CP photo by Ryan Deto
Sen. Pat Toomey
It’s been a bad week for U.S. Senator Pat Toomey. Pennsylvania’s Republican Senator from Lehigh County went on a Philadelphia television news show and defended some of his stances, like how he believes Roe V. Wade, the Supreme Court decision making abortion legal, was the wrong choice, but was mostly confronted with repeated requests from the show’s hosts, asking him if he was going to vote for Republican presidential candidate Donald Trump.
“I will give you credit for serious persistence,” said Toomey on Fox 29 Philadelphia.
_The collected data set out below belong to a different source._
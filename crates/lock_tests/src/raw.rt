//! Tests of the bottom layer, on raw locks of one atomic word and on two projections.
mod mutex;
mod parts;
mod rwlock;

use lock_api_raw::{NoMemory, ReadersFull, TableFull, WaitFault};
use std::test::Fail;

#[test]
fn refusals_have_codes_and_names(rt: HostRuntime) -> Result<(), Fail> {
    let alloc = rt.alloc();
    let codes = [
        TableFull.code(),
        ReadersFull.code(),
        NoMemory.code(),
        WaitFault::WrongMutex.code(),
        WaitFault::WrongLot.code(),
    ];
    assert!(rt; codes == [21, 6, 99, 23, 22], "codes: {codes:?}");
    let names = format!(in alloc;
        "{TableFull} {ReadersFull} {NoMemory} {} {}",
        WaitFault::WrongMutex,
        WaitFault::WrongLot
    )?;
    assert!(rt;
        names.as_str() == "TableFull ReadersFull NoMemory WrongMutex WrongLot",
        "names: {names}"
    );
    Ok(())
}
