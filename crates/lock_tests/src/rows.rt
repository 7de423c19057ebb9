//! Tables of lock words, on a parking lot, and the locks that have a row each.

use lock_api_raw::{MakeLock as _, RawMutex as _, RawRwLock as _, TableFull};
use parking_lot_core::{ParkingLot, SizeFault};
use parking_lot_mutex::RawMutex;
use parking_lot_rwlock::{Act, ActResult, CoreAnswer, LockTable, RawRwLock, Row, RwCore};
use std::test::Fail;

#[test]
fn sizes_are_bounded(rt: HostRuntime) -> Result<(), Fail> {
    let lot = ParkingLot::new(rt, rt.alloc(), 4, 7)?;
    for size in [0, 1_048_577] {
        let fault = LockTable::new(rt.alloc(), &lot, size).err();
        assert!(rt; fault == Some(SizeFault::BadSize), "{size} rows");
    }
    Ok(())
}

/// Whether a row has that number and those keys.
fn is_row(row: &Row<'_, '_, HostRuntime>, number: usize, first: usize) -> bool {
    let are_keys = (row.first_key() == first) & (row.second_key() == first.wrapping_add(1));
    (row.number() == number) & are_keys & (row.lot().number() == 7)
}

#[test]
fn rows_are_claimed_once(rt: HostRuntime) -> Result<(), Fail> {
    let lot = ParkingLot::new(rt, rt.alloc(), 4, 7)?;
    let table = LockTable::new(rt.alloc(), &lot, 2)?;
    let first = table.claim()?;
    let second = table.claim()?;
    let is_full = table.claim().err() == Some(TableFull);
    let other = LockTable::new(rt.alloc(), &lot, 1)?;
    let third = other.claim()?;
    let are_rows = is_row(&first, 0, 0) & is_row(&second, 1, 2) & is_row(&third, 0, 4);
    assert!(rt; is_full & are_rows & (table.lot().number() == 7));
    Ok(())
}

#[test]
fn words_change_by_atomic_steps(rt: HostRuntime) -> Result<(), Fail> {
    let lot = ParkingLot::new(rt, rt.alloc(), 4, 7)?;
    let table = LockTable::new(rt.alloc(), &lot, 2)?;
    let row = table.claim()?;
    let loaded = row.load();
    let won = row.exchange(0, 16);
    let lost = row.exchange(0, 16);
    let added = row.add(10);
    let masked = row.mask(24);
    let word = table.word(0);
    row.store(9);
    let is_exchanged = (loaded == 0) & (won == Ok(())) & (lost == Err(16));
    let is_changed = (added == 16) & (masked == 26) & (word == Some(24));
    let is_stored = (table.word(0) == Some(9)) & (table.word(1) == Some(0));
    assert!(rt; is_exchanged & is_changed & is_stored & table.word(2).is_none());
    Ok(())
}

/// Makes the act that a core without waiters can ask for, on a row.
fn make(row: &Row<'_, '_, HostRuntime>, act: Act) -> Option<ActResult> {
    match act {
        Act::Load => Some(ActResult::Word(row.load())),
        Act::Exchange(from, to) => Some(match row.exchange(from, to) {
            Ok(()) => ActResult::Exchanged,
            Err(word) => ActResult::Word(word),
        }),
        Act::Add(by) => Some(ActResult::Before(row.add(by))),
        _ => None,
    }
}

/// Runs a call on a row to its end.
fn run(row: &Row<'_, '_, HostRuntime>, mut core: RwCore) -> Act {
    let mut act = core.next(ActResult::Start);
    for _act in 0..20 {
        match make(row, act) {
            Some(seen) => act = core.next(seen),
            None => return act,
        }
    }
    act
}

#[test]
fn a_core_runs_on_a_row(rt: HostRuntime) -> Result<(), Fail> {
    let lot = ParkingLot::new(rt, rt.alloc(), 4, 7)?;
    let table = LockTable::new(rt.alloc(), &lot, 1)?;
    let row = table.claim()?;
    let script = [
        (RwCore::lock_shared(false), CoreAnswer::Owned, 16),
        (RwCore::try_lock_exclusive(), CoreAnswer::Refused, 16),
        (RwCore::unlock_shared(), CoreAnswer::Released, 0),
        (RwCore::lock_exclusive(), CoreAnswer::Owned, 8),
        (RwCore::downgrade(), CoreAnswer::Owned, 16),
        (RwCore::unlock_shared(), CoreAnswer::Released, 0),
    ];
    for (at, (core, answer, word)) in script.iter().enumerate() {
        let is_answered = run(&row, *core) == Act::Done(*answer);
        assert!(rt; is_answered & (row.load() == *word), "call {at}");
    }
    Ok(())
}

#[test]
fn each_lock_has_a_row(rt: HostRuntime) -> Result<(), Fail> {
    let lot = ParkingLot::new(rt, rt.alloc(), 4, 7)?;
    let mut me = lot.thread_data()?;
    let table = LockTable::new(rt.alloc(), &lot, 2)?;
    let first: RawRwLock<HostRuntime, 0> = RawRwLock::new(&table, 5)?;
    let second = RawMutex::new(&table, 5)?;
    let third = RawMutex::new(&table, 5).err();
    let fourth: Result<RawRwLock<HostRuntime, 0>, TableFull> = RawRwLock::new(&table, 5);
    let is_full = (third == Some(TableFull)) & (fourth.err() == Some(TableFull));
    let token = first.lock_exclusive(&mut me);
    let is_written = are_words(&table, 8, 0);
    first.unlock_exclusive(token);
    let token = second.lock(&mut me);
    let is_locked = are_words(&table, 0, 1);
    second.unlock(token);
    assert!(rt; is_full & is_written & is_locked & are_words(&table, 0, 0));
    Ok(())
}

/// Whether the first two words of a table are these.
fn are_words(table: &LockTable<'_, HostRuntime>, first: u64, second: u64) -> bool {
    (table.word(0) == Some(first)) & (table.word(1) == Some(second))
}

#[test]
fn lots_are_told_apart(rt: HostRuntime) -> Result<(), Fail> {
    let lot = ParkingLot::new(rt, rt.alloc(), 4, 7)?;
    let other = ParkingLot::new(rt, rt.alloc(), 4, 8)?;
    let me = other.thread_data()?;
    let table = LockTable::new(rt.alloc(), &lot, 2)?;
    assert!(rt; !table.lot().same_lot(&me) & other.same_lot(&me));
    Ok(())
}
Toomey dodged hosts' questions 10 times on whether he will vote for Trump. He was so Trump-averse
that he even dodge a question about whether Trump should release his tax returns. (Just like Toomey has yet to say whether he endorses the real estate mogul, Trump has yet to release his tax returns.)
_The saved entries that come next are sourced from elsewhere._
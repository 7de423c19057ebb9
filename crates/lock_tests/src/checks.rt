//! Each check of the generic locks, on the raw locks of a lock table.

use lock_api_checks::upgrades::{rwlock_timed_checks, upgradable_arc_checks, upgradable_checks};
use lock_api_checks::{mutex_checks, reentrant_checks, rwlock_arc_checks, rwlock_checks};
use lock_api_raw::{
    GetThreadId, MakeLock, RawMutexFair, RawMutexTimed, RawRwLockUpgradeDowngrade,
    RawRwLockUpgradeFair, RawRwLockUpgradeTimed,
};
use parking_lot_core::ParkingLot;
use parking_lot_mutex::{RawFairMutex, RawMutex, RawThreadId};
use parking_lot_rwlock::{LockTable, RawRwLock};
use std::alloc::Global;
use std::process::Abort;
use std::sync::Wait;
use std::test::Fail;
use std::thread::Threads;
use std::time::{Clock, Duration, Instant};

/// Whether each check of the mutex finds what it must.
fn of_mutex<R, T: Threads + Clock + Sync, S: Copy>(
    rt: &T,
    alloc: Global,
    source: S,
    one: &mut R::Party,
    other: &mut R::Party,
) -> bool
where
    R: RawMutexFair + RawMutexTimed<Duration = Duration, Instant = Instant>,
    R: MakeLock<S> + Drop + Sync,
    R::Party: Send,
    R::Runtime: Wait,
{
    let passed_0 = mutex_checks::all::<R, T, Global, S>(rt, alloc, source, one, other).is_ok();
    let last = mutex_checks::gives_up_in_time::<R, T, S>(source, rt, one).is_ok();
    passed_0 & last
}

/// The same of the reader-writer lock, and of guards that own an Arc of it.
fn of_lock<R, T: Threads + Sync, S: Copy>(
    rt: &T,
    alloc: Global,
    source: S,
    one: &mut R::Party,
    other: &mut R::Party,
) -> bool
where
    R: RawRwLockUpgradeFair + RawRwLockUpgradeDowngrade + MakeLock<S> + Drop + Sync,
    R::Party: Send,
    R::Runtime: Wait,
{
    let passed_0 = rwlock_checks::all::<R, T, Global, S>(rt, alloc, source, one, other).is_ok();
    let passed_1 = rwlock_arc_checks::all::<R, Global, S>(alloc, source, one).is_ok();
    let last = upgradable_checks::excludes::<R, T, S>(rt, source, one, other).is_ok();
    passed_0 & passed_1 & last
}

/// And of upgradable guards.
fn of_upgrades<R, S: Copy>(alloc: Global, source: S, party: &mut R::Party) -> bool
where
    R: RawRwLockUpgradeFair + RawRwLockUpgradeDowngrade + MakeLock<S> + Drop,
    R::Runtime: Wait,
{
    let passed_0 = upgradable_checks::admits_one::<R, S>(source, party).is_ok();
    let passed_1 = upgradable_checks::counts_among_readers::<R, S>(source, party).is_ok();
    let passed_2 = upgradable_checks::upgrades::<R, S>(source, party).is_ok();
    let passed_3 = upgradable_checks::writes_upgraded::<R, S>(source, party).is_ok();
    let passed_4 = upgradable_checks::downgrades::<R, S>(source, party).is_ok();
    let passed_5 = upgradable_checks::unlocks_for_a_while::<R, S>(source, party).is_ok();
    let passed_6 = upgradable_checks::prints::<R, Global, S>(alloc, source, party).is_ok();
    let passed_7 = upgradable_arc_checks::upgrades::<R, Global, S>(alloc, source, party).is_ok();
    let last = upgradable_arc_checks::writes_upgraded::<R, Global, S>(alloc, source, party).is_ok();
    passed_0 & passed_1 & passed_2 & passed_3 & passed_4 & passed_5 & passed_6 & passed_7 & last
}

/// And of waits that give up.
fn of_waits<R, C: Clock, S: Copy>(clock: &C, alloc: Global, source: S, party: &mut R::Party) -> bool
where
    R: RawRwLockUpgradeDowngrade + MakeLock<S> + Drop,
    R: RawRwLockUpgradeTimed<Duration = Duration, Instant = Instant>,
    R::Runtime: Wait,
{
    let passed_0 = rwlock_timed_checks::gives_up_in_time::<R, C, S>(source, clock, party).is_ok();
    let passed_1 = rwlock_timed_checks::gives_up_an_upgrade::<R, C, S>(
        source, clock, party,
    ).is_ok();
    let passed_2 = rwlock_timed_checks::gives_up_an_arc_in_time::<R, C, Global, S>(
        alloc, source, clock, party,
    ).is_ok();
    let last = rwlock_timed_checks::gives_up_an_upgrade_of_an_arc::<R, C, Global, S>(
        alloc, source, clock, party,
    ).is_ok();
    passed_0 & passed_1 & passed_2 & last
}

/// And of the reentrant mutex.
fn of_reentrant<R, G: GetThreadId<Party = R::Party> + Drop, C: Clock, S: Copy>(
    clock: &C,
    alloc: Global,
    source: S,
    one: &mut R::Party,
    other: &mut R::Party,
) -> bool
where
    R: RawMutexFair + RawMutexTimed<Duration = Duration, Instant = Instant> + MakeLock<S> + Drop,
    R::Runtime: Wait,
{
    let passed_0 = reentrant_checks::all::<R, G, Global, S>(alloc, source, one, other).is_ok();
    let last = reentrant_checks::gives_up_in_time::<R, G, C, Global, S>(
        alloc, source, clock, one, other,
    ).is_ok();
    passed_0 & last
}

/// Looks whether the checks of a lock have passed.
fn expect(rt: &impl Abort, lock: &str, passed: bool) {
    assert!(rt; passed, "{lock}");
}

#[test]
fn the_checks_pass(rt: HostRuntime) -> Result<(), Fail> {
    let alloc = rt.alloc();
    let lot = ParkingLot::new(rt, alloc, 2, 7)?;
    let mut a = lot.thread_data()?;
    let mut b = lot.thread_data()?;
    let ids: RawThreadId = RawThreadId::new();
    let is_first = ids.nonzero_thread_id(&a).get() == 1;
    assert!(rt; is_first & (ids.nonzero_thread_id(&b).get() == 2));
    let table = LockTable::new(alloc, &lot, 150)?;
    let rows = &table;
    let passed = of_mutex::<RawMutex<HostRuntime>, _, _>(&rt, alloc, rows, &mut a, &mut b);
    expect(&rt, "the mutex", passed);
    let passed = of_mutex::<RawFairMutex<HostRuntime>, _, _>(&rt, alloc, rows, &mut a, &mut b);
    expect(&rt, "the fair mutex", passed);
    let passed = of_lock::<RawRwLock<HostRuntime, 0>, _, _>(&rt, alloc, rows, &mut a, &mut b);
    expect(&rt, "the lock", passed);
    let passed = of_upgrades::<RawRwLock<HostRuntime, 0>, _>(alloc, rows, &mut a);
    expect(&rt, "the lock's upgrades", passed);
    let passed = of_waits::<RawRwLock<HostRuntime, 0>, _, _>(&rt, alloc, rows, &mut a);
    expect(&rt, "the lock's waits", passed);
    let passed = of_lock::<RawRwLock<HostRuntime, 1>, _, _>(&rt, alloc, rows, &mut a, &mut b);
    expect(&rt, "the recursive lock", passed);
    let passed = of_upgrades::<RawRwLock<HostRuntime, 1>, _>(alloc, rows, &mut a);
    expect(&rt, "the recursive lock's upgrades", passed);
    let passed = of_waits::<RawRwLock<HostRuntime, 1>, _, _>(&rt, alloc, rows, &mut a);
    expect(&rt, "the recursive lock's waits", passed);
    let passed = of_reentrant::<RawMutex<HostRuntime>, RawThreadId, _, _>(
        &rt, alloc, rows, &mut a, &mut b,
    );
    expect(&rt, "the reentrant mutex", passed);
    Ok(())
}
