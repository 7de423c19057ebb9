//! How a test says what it found.

use std::process::Abort;

/// Fails the test where a step went wrong, and names the first such step by its number, from 0.
pub(crate) fn all_right(rt: &impl Abort, steps: &[bool]) {
    let wrong = steps.iter().position(|right| !*right);
    assert!(rt; wrong.is_none(), "the first wrong step: {wrong:?}");
}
Toomey said on the show that voters care more about his stance on security and economic issues than whether he endorses Trump. “I don’t think they care nearly as much as you guys do,” said Toomey to the hosts.
And on top of the all the Trump questions, Toomey has been getting for the past two months, and the consistent TV attack ads
about his Wall Street background, Toomey has a new attacker.
On Nov. 3, the National Association for Gun Rights
harshly criticized Toomey for his past effort to pass background check legislation in 2013 (the bill came up short and failed to clear the Senate). While Toomey has been avoiding any semblance of an allegiance toward Trump, the NAGR is actually more worried about the possibilities a Toomey-Clinton alliance would have towards gun rights.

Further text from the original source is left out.